> **TASK DESCRIPTION**
Starting at the line that contains "pulled after it." and ending at the line that contains "1 ≤ length items.now", the lines below are to be given again exactly, with nothing added.

[RECORD SET — start]

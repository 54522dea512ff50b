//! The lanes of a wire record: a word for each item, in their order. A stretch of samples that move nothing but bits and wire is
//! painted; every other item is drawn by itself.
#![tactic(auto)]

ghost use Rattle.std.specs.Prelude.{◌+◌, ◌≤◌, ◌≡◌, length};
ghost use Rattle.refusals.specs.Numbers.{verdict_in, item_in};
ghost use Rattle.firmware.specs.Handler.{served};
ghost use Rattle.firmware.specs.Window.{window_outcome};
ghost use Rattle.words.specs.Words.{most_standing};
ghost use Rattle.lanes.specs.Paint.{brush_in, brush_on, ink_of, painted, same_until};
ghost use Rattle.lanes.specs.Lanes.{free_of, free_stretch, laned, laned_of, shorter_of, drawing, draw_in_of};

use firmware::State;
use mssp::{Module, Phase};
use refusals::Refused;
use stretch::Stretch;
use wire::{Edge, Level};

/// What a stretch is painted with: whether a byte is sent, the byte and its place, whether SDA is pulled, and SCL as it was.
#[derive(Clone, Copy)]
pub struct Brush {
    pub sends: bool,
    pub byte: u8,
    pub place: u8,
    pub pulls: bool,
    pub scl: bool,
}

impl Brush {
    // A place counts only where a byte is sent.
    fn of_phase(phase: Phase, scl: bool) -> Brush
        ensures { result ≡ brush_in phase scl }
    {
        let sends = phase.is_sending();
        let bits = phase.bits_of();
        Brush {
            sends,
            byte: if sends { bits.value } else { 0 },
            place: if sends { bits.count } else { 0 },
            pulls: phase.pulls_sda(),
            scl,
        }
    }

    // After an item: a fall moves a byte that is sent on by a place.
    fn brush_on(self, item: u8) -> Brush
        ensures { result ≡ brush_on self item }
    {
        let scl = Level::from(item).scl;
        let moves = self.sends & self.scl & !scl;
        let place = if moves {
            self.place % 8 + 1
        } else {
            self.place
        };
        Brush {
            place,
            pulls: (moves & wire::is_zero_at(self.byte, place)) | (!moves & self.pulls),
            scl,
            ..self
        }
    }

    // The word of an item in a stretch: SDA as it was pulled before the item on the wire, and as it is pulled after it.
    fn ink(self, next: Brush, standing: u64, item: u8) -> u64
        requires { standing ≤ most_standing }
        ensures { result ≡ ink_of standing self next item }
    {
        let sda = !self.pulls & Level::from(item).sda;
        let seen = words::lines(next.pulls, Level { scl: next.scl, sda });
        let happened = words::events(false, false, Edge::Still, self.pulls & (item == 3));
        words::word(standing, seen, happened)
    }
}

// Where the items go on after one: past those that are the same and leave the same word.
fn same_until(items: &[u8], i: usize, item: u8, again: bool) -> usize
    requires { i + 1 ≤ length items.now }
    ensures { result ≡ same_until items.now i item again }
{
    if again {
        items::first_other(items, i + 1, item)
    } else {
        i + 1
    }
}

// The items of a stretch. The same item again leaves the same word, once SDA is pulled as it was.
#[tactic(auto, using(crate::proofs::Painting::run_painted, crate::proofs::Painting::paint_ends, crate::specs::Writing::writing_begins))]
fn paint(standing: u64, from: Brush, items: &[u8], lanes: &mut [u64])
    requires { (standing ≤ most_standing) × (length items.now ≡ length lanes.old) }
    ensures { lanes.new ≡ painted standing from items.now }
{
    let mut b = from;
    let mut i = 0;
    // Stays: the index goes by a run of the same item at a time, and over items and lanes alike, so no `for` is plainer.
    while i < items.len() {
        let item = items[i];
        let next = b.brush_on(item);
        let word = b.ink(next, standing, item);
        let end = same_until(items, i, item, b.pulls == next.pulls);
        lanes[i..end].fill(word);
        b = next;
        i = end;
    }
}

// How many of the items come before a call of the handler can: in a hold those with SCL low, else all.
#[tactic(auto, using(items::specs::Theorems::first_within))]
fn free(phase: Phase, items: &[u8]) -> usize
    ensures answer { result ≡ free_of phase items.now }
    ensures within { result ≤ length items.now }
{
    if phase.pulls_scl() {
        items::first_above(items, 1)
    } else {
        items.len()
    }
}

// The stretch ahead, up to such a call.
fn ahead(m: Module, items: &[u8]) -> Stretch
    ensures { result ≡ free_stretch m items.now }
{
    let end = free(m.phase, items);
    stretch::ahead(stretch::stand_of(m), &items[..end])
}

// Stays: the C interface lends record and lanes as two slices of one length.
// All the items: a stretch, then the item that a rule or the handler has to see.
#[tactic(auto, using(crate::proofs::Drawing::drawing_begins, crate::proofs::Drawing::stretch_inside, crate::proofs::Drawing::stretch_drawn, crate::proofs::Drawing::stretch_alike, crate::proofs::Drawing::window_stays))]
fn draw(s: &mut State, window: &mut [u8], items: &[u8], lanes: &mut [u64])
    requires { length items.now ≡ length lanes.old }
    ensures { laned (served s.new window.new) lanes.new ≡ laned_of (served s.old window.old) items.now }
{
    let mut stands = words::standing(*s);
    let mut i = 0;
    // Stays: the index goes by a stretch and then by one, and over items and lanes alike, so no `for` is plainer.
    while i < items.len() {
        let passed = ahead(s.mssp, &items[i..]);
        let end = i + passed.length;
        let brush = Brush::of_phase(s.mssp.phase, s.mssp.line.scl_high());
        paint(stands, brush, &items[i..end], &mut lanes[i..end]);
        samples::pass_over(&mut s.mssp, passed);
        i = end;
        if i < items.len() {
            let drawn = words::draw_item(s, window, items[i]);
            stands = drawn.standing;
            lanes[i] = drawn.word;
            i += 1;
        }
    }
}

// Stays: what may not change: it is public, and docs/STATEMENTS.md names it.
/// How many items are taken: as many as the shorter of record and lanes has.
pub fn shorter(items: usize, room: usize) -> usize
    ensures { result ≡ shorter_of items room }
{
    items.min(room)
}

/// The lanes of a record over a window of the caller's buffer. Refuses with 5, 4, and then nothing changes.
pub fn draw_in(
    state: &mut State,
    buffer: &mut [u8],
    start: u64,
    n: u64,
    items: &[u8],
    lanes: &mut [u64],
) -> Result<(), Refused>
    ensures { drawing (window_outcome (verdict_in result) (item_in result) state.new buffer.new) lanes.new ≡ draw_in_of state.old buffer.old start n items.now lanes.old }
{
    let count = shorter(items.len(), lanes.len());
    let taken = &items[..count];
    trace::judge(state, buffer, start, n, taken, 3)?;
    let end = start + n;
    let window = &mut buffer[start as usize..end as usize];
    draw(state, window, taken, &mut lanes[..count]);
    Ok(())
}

[RECORD SET — finish]

> **TASK SOLUTION**
    // The word of an item in a stretch: SDA as it was pulled before the item on the wire, and as it is pulled after it.
    fn ink(self, next: Brush, standing: u64, item: u8) -> u64
        requires { standing ≤ most_standing }
        ensures { result ≡ ink_of standing self next item }
    {
        let sda = !self.pulls & Level::from(item).sda;
        let seen = words::lines(next.pulls, Level { scl: next.scl, sda });
        let happened = words::events(false, false, Edge::Still, self.pulls & (item == 3));
        words::word(standing, seen, happened)
    }
}

// Where the items go on after one: past those that are the same and leave the same word.
fn same_until(items: &[u8], i: usize, item: u8, again: bool) -> usize
    requires { i + 1 ≤ length items.now }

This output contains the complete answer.